The older man pulled off his gloves, tucked them into his belt, and licked a finger. Not testing the wind but writing on his wrist in saliva. Wizard. Ahjvar felt the subtle pressure again, a will imposing itself on the world. The man pressed his wrist to his lips, eyes shut. Not officers, just the uniform as a mask.

“The holy man went up the mountain,” the wizard said.

“Don’t call him that. It sounds like treason. Or heresy. Something.”

The wizard ignored that. “The guardian, whatever he is, left him and turned west.”

“Seems unlikely.”

“That’s the path to Swajui, captain. It’s a holy place. Why not?”

“Why not? Would he leave the holy man? If they’ve split up, it’s because they know they’re followed and he’s doubling back behind us.”

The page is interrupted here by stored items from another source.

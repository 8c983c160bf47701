// The lock.
ghost use Rattle.std.specs.Prelude.{◌≡◌, ℕ, ◌<◌, ◌%◌, ◌^◌, Some, true, false, List, [], ◌∷◌, ◌++◌, None, IfOk, IfErr};
ghost use mathlib.Core.List.{IsPrefix};
ghost use Rattle.hx_turn.specs.Passes.{IsInside, IsOutside, Keeps, after_entry, after_split, all_rights, carrying, first_pass, joined, split_off};
ghost use Rattle.hx_turn.specs.Steps.{Served};

use crate::bells::Bells;
use crate::turnstile::Turnstile;
use crate::view::View;
use atomic_table::{Join, Play, Refused, Seat, Split, Table, TableRule};
use std::alloc::{AllocFailed, Global};
use std::marker::{Model, PhantomData};
use std::snapshot::Snapshot;
use std::sync::Wait;
use std::{hint, thread};

/// A type whose values lie under a lock. `E` are the entries of its histories, and `O` is what a value opens with.
pub trait Stands<E, O> {
    /// What a value opens with.
    ghost opening: { Self → O };

    /// The value stands for a history, each entry with the number of its pass, that opened so.
    ghost stands: { Self → O → List (ℕ × E) → Type 0 };
}

/// The entry that a call adds, which its caller picks.
pub trait Entry<E> {
    ghost entry: { E };
}

/// The rule of a lock, by which its table is kept.
pub struct Turns;

impl<T: Stands<E, O>, E, O> TableRule<Option<T>, View<E, O>, Snapshot<T>> for Turns {
    ghost use Rattle.hx_turn.specs.Passes.{first_pass};
    ghost use Rattle.hx_turn.specs.Rule.{Kept};

    ghost holds = { λ k. Kept T.stands (T.opening k.value) };

    ghost first = { λ k. first_pass (T.opening k.value) };
}

struct Draw;

impl<T: Stands<E, O>, E, O> Play<Option<T>, View<E, O>> for Draw {
    ghost use Rattle.hx_turn.specs.Steps.{Draws};

    ghost then = { Draws T.stands };
}

struct Look;

impl<T: Stands<E, O>, E, O> Play<Option<T>, View<E, O>> for Look {
    ghost use Rattle.hx_turn.specs.Steps.{Looks};

    ghost then = { Looks T.stands };
}

struct Hear;

impl<T: Stands<E, O>, E, O> Play<Option<T>, View<E, O>> for Hear {
    ghost use Rattle.hx_turn.specs.Steps.{Hears};

    ghost then = { Hears T.stands };
}

struct Leave<L> {
    entry: PhantomData<L>,
}

impl<T, E, O, L: Entry<E>> Play<Option<T>, View<E, O>> for Leave<L> {
    ghost use Rattle.hx_turn.specs.Steps.{Leaves};

    ghost then = { Leaves L.entry };
}

struct Cut;

impl<E, O> Split<View<E, O>> for Cut {
    ghost use Rattle.hx_turn.specs.Passes as passes;

    ghost left = { passes.after_split };

    ghost right = { passes.split_off };
}

struct Glue;

impl<E, O> Join<View<E, O>> for Glue {
    ghost use Rattle.hx_turn.specs.Passes as passes;

    ghost both = { passes.joined };

    ghost spent = { passes.spent };
}

/// A caller's pass to a lock. It has no bytes, and contracts see what it knows (`me.0`), what it has out of the slot (`me.1`), and whose it is (`table_id`).
pub type Pass<T, E, O> = Seat<Option<T>, View<E, O>>;

/// How long a caller waits before it draws a ticket, and how long it looks for its turn then before it sleeps.
#[derive(Clone, Copy)]
pub struct Patience {
    /// How often it looks, one look right behind the other.
    pub looks: u64,
    /// How often it looks then, and lets other threads run between two looks.
    pub yields: u64,
    /// How often it sleeps then, before it draws a ticket although others are inside. With a ticket it sleeps until its turn comes.
    pub sleeps: u64,
}

impl Patience {
    /// For turns that are short beside the time that it takes to put a thread to sleep and to wake it.
    pub fn for_short_turns() -> Patience {
        Patience {
            looks: 100,
            yields: 32,
            sleeps: 1,
        }
    }

    /// For turns that last, as one does that waits for the outside: it draws a ticket at once, looks, and sleeps.
    pub fn for_long_turns() -> Patience {
        Patience {
            looks: 0,
            yields: 0,
            sleeps: 0,
        }
    }
}

/// A lock over a value. Contracts see which lock it is, and a pass is one of it where its `table_id` is the same.
///
/// It ends by `close` alone, which gives the value back.
pub struct Turn<T: Stands<E, O>, E, O> {
    patience: Patience,
    turnstile: Turnstile,
    bells: Bells,
    table: Table<Option<T>, View<E, O>, Snapshot<T>, Turns, Global>,
}

impl<T: Stands<E, O>, E, O> Model for Turn<T, E, O> {
    ghost use Rattle.std.specs.Prelude.{◌≡◌};
    ghost use Rattle.atomic_table.specs.Seated.{TableId, table_id_coded};

    ghost Value = { TableId };

    ghost coded = { table_id_coded };

    ghost view = { λ t. t.table.shared.table_id };

    ghost invariant = { λ t. (t.table.shared.table_id.words ≡ 2) × (t.table.shared.table_id.slots ≡ 1) };
}

impl<T: Stands<E, O>, E, O> Turn<T, E, O> {
    /// A lock over a value that stands for the history without entries, and its first pass. Where no memory is left the value comes back.
    pub fn make(
        alloc: Global,
        patience: Patience,
        value: T,
    ) -> Result<(Turn<T, E, O>, Pass<T, E, O>), T>
        requires { T.stands value (T.opening value) [] }
        ensures own { IfOk result (λ made. made.1.table_id ≡ made.0) }
        ensures first { IfOk result (λ made. made.1.me ≡ (first_pass (T.opening value), [])) }
        ensures refused { IfErr result (λ back. back ≡ value) }
    {
        let about = Snapshot::of(&value);
        let mut slots = Vec::new(alloc);
        if let Err(failed) = slots.push(Some(value)) {
            let AllocFailed { value: back } = failed;
            slots.destroy_empty();
            let Some(value) = back else { unreachable!() };
            return Err(value);
        }
        match Table::new(alloc, &[0, 0], slots, &about) {
            Ok((table, pass)) => Ok((
                Turn {
                    patience,
                    turnstile: Turnstile::new(),
                    bells: Bells::new(),
                    table,
                },
                pass,
            )),
            Err(Refused { mut slots }) => {
                let back = slots.pop();
                slots.destroy_empty();
                let Some(Some(value)) = back else {
                    unreachable!()
                };
                Err(value)
            }
        }
    }

    /// Splits a pass off the first one. It has seen as much, and has made no entry.
    pub fn split(&self, pass: &mut Pass<T, E, O>) -> Pass<T, E, O>
        requires own { pass.old.table_id ≡ self.now }
        requires first { pass.old.me.0.first ≡ true }
        requires outside { IsOutside pass.old.me }
        requires room { 1 < pass.old.me.0.rights }
        ensures own { pass.new.table_id ≡ self.now }
        ensures left { pass.new.me ≡ (after_split pass.old.me.0, []) }
        ensures new { result.table_id ≡ self.now }
        ensures split { result.me ≡ (split_off pass.old.me.0, []) }
    {
        self.table.shared.split_seat::<Cut>(pass)
    }

    /// Joins a pass that was split off. The first one has then seen the whole history, for which a value stood, and of which both had seen beginnings.
    pub fn join(&self, pass: &mut Pass<T, E, O>, other: Pass<T, E, O>)
        requires own { pass.old.table_id ≡ self.now }
        requires outside { IsOutside pass.old.me }
        requires other { other.table_id ≡ self.now }
        requires idle { IsOutside other.me }
        ensures own { pass.new.table_id ≡ self.now }
        ensures joined { (log : List (ℕ × E)) × (pass.new.me ≡ (record (joined pass.old.me.0 other.me.0) { seen = log }, [])) × IsPrefix pass.old.me.0.seen log × IsPrefix other.me.0.seen log }
        ensures stood { (x : T) × (o : O) × (pass.new.me.0.opening ≡ Some o) × T.stands x o pass.new.me.0.seen }
    {
        self.table.shared.join_seat::<Glue>(pass, other);
        self.table.shared.load::<Hear>(pass, 0);
    }

    /// Ends the lock, and gives the value back. It stands for a history that begins with what the first pass has seen.
    pub fn close(self, pass: Pass<T, E, O>) -> T
        requires own { pass.table_id ≡ self }
        requires outside { IsOutside pass.me }
        requires last { pass.me.0.rights ≡ all_rights }
        ensures { (o : O) × (pass.me.0.opening ≡ Some o) × ((log : List (ℕ × E)) × IsPrefix pass.me.0.seen log × T.stands result o log) }
    {
        let Turn {
            patience: _,
            turnstile: _,
            bells: _,
            table,
        } = self;
        let mut closed = table.close_with(pass);
        let slot = closed.take(0);
        closed.free();
        let Some(value) = slot else { unreachable!() };
        value
    }

    /// Draws a ticket, waits until it is served, and takes the value. It stands for the whole history, which the pass has seen then.
    pub fn enter<R: Wait>(&self, rt: &R, pass: &mut Pass<T, E, O>) -> T
        requires own { pass.old.table_id ≡ self.now }
        requires outside { IsOutside pass.old.me }
        ensures own { pass.new.table_id ≡ self.now }
        ensures inside { IsInside pass.new.me }
        ensures keeps { Keeps pass.old.me.0 pass.new.me.0 }
        ensures mine { carrying pass.new.me.0.number pass.new.me.0.seen ≡ pass.new.me.0.mine }
        ensures stands { (o : O) × (pass.new.me.0.opening ≡ Some o) × T.stands result o pass.new.me.0.seen }
    {
        self.turnstile.enter(rt, &self.patience);
        let ticket = self.table.shared.fetch_add::<Draw>(pass, 0, 1);
        self.wait(rt, pass, ticket);
        let Some(value) = self.table.shared.exchange(pass, 0, None) else {
            unreachable!()
        };
        value
    }

    /// Puts the value back, and passes the turn on. The history has one entry more, for which the value stands.
    pub fn leave<L: Entry<E>>(&self, pass: &mut Pass<T, E, O>, value: T)
        requires own { pass.old.table_id ≡ self.now }
        requires inside { IsInside pass.old.me }
        requires stands { (o : O) × (pass.old.me.0.opening ≡ Some o) × T.stands value o (pass.old.me.0.seen ++ (pass.old.me.0.number, L.entry) ∷ []) }
        ensures own { pass.new.table_id ≡ self.now }
        ensures entry { pass.new.me ≡ (after_entry pass.old.me.0 L.entry, []) }
    {
        let none = self.table.shared.exchange(pass, 0, Some(value));
        let None = none else { unreachable!() };
        let served = self.table.shared.fetch_add::<Leave<L>>(pass, 1, 1);
        self.bells.ring(served.wrapping_add(1));
        self.turnstile.leave();
    }

    /// Waits until a ticket is served.
    fn wait<R: Wait>(&self, rt: &R, pass: &mut Pass<T, E, O>, ticket: u64)
        requires own { pass.old.table_id ≡ self.now }
        requires drawn { (t : ℕ) × (ticket ≡ t % 2 ^ 64) × (pass.old.me.0.ticket ≡ Some t) }
        requires outside { pass.old.me.0.inside ≡ false }
        ensures own { pass.new.table_id ≡ self.now }
        ensures served { Served T.stands pass.old.me pass.new.me }
    {
        let mut looks = 0;
        for _ in rt.forever() {
            let rings = self.bells.rings(ticket);
            let serving = self.table.shared.load::<Look>(pass, 1);
            if serving == ticket {
                return;
            }
            self.pause(rt, looks, ticket, rings);
            if looks < u64::MAX {
                looks += 1;
            }
        }
        unreachable!()
    }

    /// Lets some time pass behind so many looks.
    fn pause<R: Wait>(&self, rt: &R, looks: u64, ticket: u64, rings: u64) {
        if looks < self.patience.looks {
            hint::spin_loop();
        } else if looks - self.patience.looks < self.patience.yields {
            thread::yield_now();
        } else {
            self.bells.sleep(rt, ticket, rings);
        }
    }
}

“I’ve made sure they don’t.” Smug bastard. Mistaken.

“You say. They killed three of our best in Denanbak. Hope you appreciate I didn’t send you with them.” The woman considered, eyed the wizard sidelong and tilted her chin up the trail. “That one is the one who matters.” She hesitated. Artfully. Did the wizard feel a prickle of warning on his spine? He should. She was about to make him a stalking goat, if he had the wit to see it. “What do you foresee if we do split up here?”

“Nothing,” the wizard spat. “I see nothing. I have seen nothing. They’ve been hidden from me since yesterday. Only glimpses, hints . . .”

“Are we even following the right men? If you’ve led me a wild goose chase . . .”

I don’t make that kind of mistake, captain.”

“Fine, fine, they’ve split up. You head to Swajui and I’ll—”

No question which of these two was most dangerous to himself. An assassin of the Wind in the Reeds. One shot. Ahjvar took aim on the woman’s eye. At this range, he could have hit her with a thrown pebble.

And just as he would have squeezed the trigger, the wizard spurred his horse forward, coming between him and the assassin. “I’m not going after that guardian alone, whatever he is, and I’m not going to be bait in any trap for him for you. He’ll be no threat once the holy man is dead.”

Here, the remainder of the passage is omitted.